**Information shown**
#[test]
fn mapped_pages_are_zeros(rt: HostRuntime) -> Result<(), Fail> {
    let mut pages = Pages::new(rt.alloc(), 16, 16)?;
    let mut regions = Regions::new(0x20000, 0x20000);
    expect_answers(
        &rt,
        &mut regions,
        &mut pages,
        &[(Step::Map(16, 3, 3, false), Answer::Done)],
    );

    // The pages take no frames until they are entered.
    assert!(rt; matches!(write_bytes(&regions, &mut pages), Err(Miss::Away(_))));
    enter_pages(&regions, &mut pages);
    assert_eq!(rt; write_bytes(&regions, &mut pages), Ok(()));
    expect_answers(
        &rt,
        &mut regions,
        &mut pages,
        &[
            (Step::Map(17, 1, 3, true), Answer::Done),
            (Step::Protect(16, 3, 1), Answer::Done),
            (Step::Unmap(18, 1), Answer::Done),
            (Step::Map(18, 1, 1, false), Answer::Done),
        ],
    );
    enter_pages(&regions, &mut pages);
    expect_bytes(
        &rt,
        &pages,
        &[
            (0x10FFF, Ok(7)),
            (0x11000, Ok(0)),
            (0x12000, Ok(0)),
            (0x13000, Err(Miss::Unmapped(0x13000))),
        ],
    );
    Ok(())
}

#[test]
fn five_hundred_and_twelve_pages(rt: HostRuntime) -> Result<(), Fail> {
    let mut pages = Pages::new(rt.alloc(), 8, 512)?;
    let mut regions = Regions::new(0x50_0000, 0x50_0000);
    expect_answers(
        &rt,
        &mut regions,
        &mut pages,
        &[
            (Step::Map(0x400, 1, 5, false), Answer::Done),
            (Step::Map(0x7_FFFE_FF00, 256, 3, false), Answer::Done),
            (Step::Map(0x1000, 512, 3, false), Answer::Full),
            (Step::Map(0x1000, 256, 3, false), Answer::Full),
        ],
    );
    expect_regions(
        &rt,
        &regions,
        &[(0x400, 1, 5, false), (0x7_FFFE_FF00, 256, 3, false)],
    );
    expect_answers(
        &rt,
        &mut regions,
        &mut pages,
        &[
            (Step::Map(0x1000, 255, 3, false), Answer::Done),
            (Step::Map(0x2000, 1, 3, false), Answer::Full),
            (Step::Break(0x50_0001), Answer::Full),
            (Step::Map(0x1000, 255, 1, false), Answer::Done),
            (Step::Map(0x1001, 255, 1, false), Answer::Full),
        ],
    );
    Ok(())
}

**Work to complete**
The answer consists of the whole listing, restated exactly.

**Written solution**
#[test]
fn mapped_pages_are_zeros(rt: HostRuntime) -> Result<(), Fail> {
    let mut pages = Pages::new(rt.alloc(), 16, 16)?;
    let mut regions = Regions::new(0x20000, 0x20000);
    expect_answers(
        &rt,
        &mut regions,
        &mut pages,
        &[(Step::Map(16, 3, 3, false), Answer::Done)],
    );

    // The pages take no frames until they are entered.
    assert!(rt; matches!(write_bytes(&regions, &mut pages), Err(Miss::Away(_))));
    enter_pages(&regions, &mut pages);
    assert_eq!(rt; write_bytes(&regions, &mut pages), Ok(()));
    expect_answers(
        &rt,
        &mut regions,
        &mut pages,
        &[
            (Step::Map(17, 1, 3, true), Answer::Done),
            (Step::Protect(16, 3, 1), Answer::Done),
            (Step::Unmap(18, 1), Answer::Done),
            (Step::Map(18, 1, 1, false), Answer::Done),
        ],
    );
    enter_pages(&regions, &mut pages);
    expect_bytes(
        &rt,
        &pages,
        &[
            (0x10FFF, Ok(7)),
            (0x11000, Ok(0)),
            (0x12000, Ok(0)),
            (0x13000, Err(Miss::Unmapped(0x13000))),
        ],
    );
    Ok(())
}

#[test]
fn five_hundred_and_twelve_pages(rt: HostRuntime) -> Result<(), Fail> {
    let mut pages = Pages::new(rt.alloc(), 8, 512)?;
    let mut regions = Regions::new(0x50_0000, 0x50_0000);
    expect_answers(
        &rt,
        &mut regions,
        &mut pages,
        &[
            (Step::Map(0x400, 1, 5, false), Answer::Done),
            (Step::Map(0x7_FFFE_FF00, 256, 3, false), Answer::Done),
            (Step::Map(0x1000, 512, 3, false), Answer::Full),
            (Step::Map(0x1000, 256, 3, false), Answer::Full),
        ],
    );
    expect_regions(
        &rt,
        &regions,
        &[(0x400, 1, 5, false), (0x7_FFFE_FF00, 256, 3, false)],
    );
    expect_answers(
        &rt,
        &mut regions,
        &mut pages,
        &[
            (Step::Map(0x1000, 255, 3, false), Answer::Done),
            (Step::Map(0x2000, 1, 3, false), Answer::Full),
            (Step::Break(0x50_0001), Answer::Full),
            (Step::Map(0x1000, 255, 1, false), Answer::Done),
            (Step::Map(0x1001, 255, 1, false), Answer::Full),
        ],
    );
    Ok(())
}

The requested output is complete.